**Description of the task**
Among the lines of data below, reproduce only those from the one with "result ≡ blocker_in" through the one with "name. Constant time; takes no memory.", exactly as they stand, both ends included.

**Provided data**

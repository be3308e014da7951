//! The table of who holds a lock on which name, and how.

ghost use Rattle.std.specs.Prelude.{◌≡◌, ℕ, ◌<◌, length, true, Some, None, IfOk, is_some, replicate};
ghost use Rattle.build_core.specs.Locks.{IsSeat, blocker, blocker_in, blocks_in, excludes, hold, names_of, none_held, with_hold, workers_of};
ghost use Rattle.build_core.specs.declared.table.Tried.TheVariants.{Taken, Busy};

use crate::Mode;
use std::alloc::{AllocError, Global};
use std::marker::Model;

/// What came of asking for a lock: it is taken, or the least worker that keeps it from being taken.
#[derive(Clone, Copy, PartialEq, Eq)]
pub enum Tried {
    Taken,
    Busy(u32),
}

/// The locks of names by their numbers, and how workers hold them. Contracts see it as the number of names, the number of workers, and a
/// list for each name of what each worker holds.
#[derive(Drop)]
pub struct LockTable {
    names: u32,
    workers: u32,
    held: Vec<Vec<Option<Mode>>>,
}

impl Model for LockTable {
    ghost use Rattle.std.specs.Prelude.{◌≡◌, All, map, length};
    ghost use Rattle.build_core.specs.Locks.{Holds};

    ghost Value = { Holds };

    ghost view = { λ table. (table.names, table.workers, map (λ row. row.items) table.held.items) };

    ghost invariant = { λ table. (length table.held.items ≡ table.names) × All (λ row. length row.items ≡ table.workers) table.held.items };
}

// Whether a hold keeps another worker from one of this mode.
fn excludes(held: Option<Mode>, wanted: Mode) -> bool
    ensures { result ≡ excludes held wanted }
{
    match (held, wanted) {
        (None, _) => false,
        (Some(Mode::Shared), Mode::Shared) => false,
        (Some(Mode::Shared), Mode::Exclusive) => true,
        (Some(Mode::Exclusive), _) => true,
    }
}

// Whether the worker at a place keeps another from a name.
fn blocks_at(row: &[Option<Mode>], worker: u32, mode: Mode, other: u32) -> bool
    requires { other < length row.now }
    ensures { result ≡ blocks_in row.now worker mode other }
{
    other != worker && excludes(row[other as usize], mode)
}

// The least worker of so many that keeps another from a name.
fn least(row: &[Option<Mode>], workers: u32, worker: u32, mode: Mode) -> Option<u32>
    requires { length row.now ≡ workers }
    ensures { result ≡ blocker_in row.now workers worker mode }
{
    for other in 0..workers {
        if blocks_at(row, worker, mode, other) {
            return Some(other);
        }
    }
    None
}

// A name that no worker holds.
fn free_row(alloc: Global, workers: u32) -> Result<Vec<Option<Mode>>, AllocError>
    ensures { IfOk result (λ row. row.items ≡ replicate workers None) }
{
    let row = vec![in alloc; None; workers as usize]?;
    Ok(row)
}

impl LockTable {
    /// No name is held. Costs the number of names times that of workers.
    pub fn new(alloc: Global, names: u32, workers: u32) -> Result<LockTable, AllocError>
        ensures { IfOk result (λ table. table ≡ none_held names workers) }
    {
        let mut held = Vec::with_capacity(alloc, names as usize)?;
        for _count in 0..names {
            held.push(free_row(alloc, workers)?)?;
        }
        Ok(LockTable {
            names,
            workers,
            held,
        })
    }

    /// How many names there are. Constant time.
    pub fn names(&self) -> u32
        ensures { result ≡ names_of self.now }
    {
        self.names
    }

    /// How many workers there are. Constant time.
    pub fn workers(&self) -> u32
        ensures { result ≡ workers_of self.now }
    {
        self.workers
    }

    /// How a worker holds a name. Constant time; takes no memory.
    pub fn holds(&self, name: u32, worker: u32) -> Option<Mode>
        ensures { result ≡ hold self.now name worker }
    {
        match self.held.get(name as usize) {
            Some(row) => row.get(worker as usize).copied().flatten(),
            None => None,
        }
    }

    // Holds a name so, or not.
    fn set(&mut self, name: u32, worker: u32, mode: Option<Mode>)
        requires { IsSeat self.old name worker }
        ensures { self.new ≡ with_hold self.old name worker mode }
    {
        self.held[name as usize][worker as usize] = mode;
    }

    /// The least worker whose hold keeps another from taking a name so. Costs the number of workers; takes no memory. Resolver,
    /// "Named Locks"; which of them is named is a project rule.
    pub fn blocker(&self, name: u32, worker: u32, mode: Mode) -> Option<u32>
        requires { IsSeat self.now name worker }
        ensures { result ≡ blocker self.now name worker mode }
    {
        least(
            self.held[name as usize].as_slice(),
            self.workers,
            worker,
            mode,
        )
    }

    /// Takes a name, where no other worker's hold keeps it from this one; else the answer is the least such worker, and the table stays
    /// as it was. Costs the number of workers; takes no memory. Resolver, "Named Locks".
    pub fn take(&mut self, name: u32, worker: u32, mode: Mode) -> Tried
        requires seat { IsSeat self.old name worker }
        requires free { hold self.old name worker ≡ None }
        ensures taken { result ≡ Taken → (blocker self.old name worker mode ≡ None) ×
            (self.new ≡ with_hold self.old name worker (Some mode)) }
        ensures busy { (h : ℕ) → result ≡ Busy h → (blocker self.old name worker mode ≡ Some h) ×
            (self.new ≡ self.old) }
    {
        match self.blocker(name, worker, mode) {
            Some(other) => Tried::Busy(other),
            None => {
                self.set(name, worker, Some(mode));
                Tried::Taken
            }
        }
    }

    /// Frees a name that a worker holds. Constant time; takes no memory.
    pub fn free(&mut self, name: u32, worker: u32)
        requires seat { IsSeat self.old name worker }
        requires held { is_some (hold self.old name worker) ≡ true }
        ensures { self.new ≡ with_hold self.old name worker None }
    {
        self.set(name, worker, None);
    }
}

**Output for this exercise**
    ensures { result ≡ blocker_in row.now workers worker mode }
{
    for other in 0..workers {
        if blocks_at(row, worker, mode, other) {
            return Some(other);
        }
    }
    None
}

// A name that no worker holds.
fn free_row(alloc: Global, workers: u32) -> Result<Vec<Option<Mode>>, AllocError>
    ensures { IfOk result (λ row. row.items ≡ replicate workers None) }
{
    let row = vec![in alloc; None; workers as usize]?;
    Ok(row)
}

impl LockTable {
    /// No name is held. Costs the number of names times that of workers.
    pub fn new(alloc: Global, names: u32, workers: u32) -> Result<LockTable, AllocError>
        ensures { IfOk result (λ table. table ≡ none_held names workers) }
    {
        let mut held = Vec::with_capacity(alloc, names as usize)?;
        for _count in 0..names {
            held.push(free_row(alloc, workers)?)?;
        }
        Ok(LockTable {
            names,
            workers,
            held,
        })
    }

    /// How many names there are. Constant time.
    pub fn names(&self) -> u32
        ensures { result ≡ names_of self.now }
    {
        self.names
    }

    /// How many workers there are. Constant time.
    pub fn workers(&self) -> u32
        ensures { result ≡ workers_of self.now }
    {
        self.workers
    }

    /// How a worker holds a name. Constant time; takes no memory.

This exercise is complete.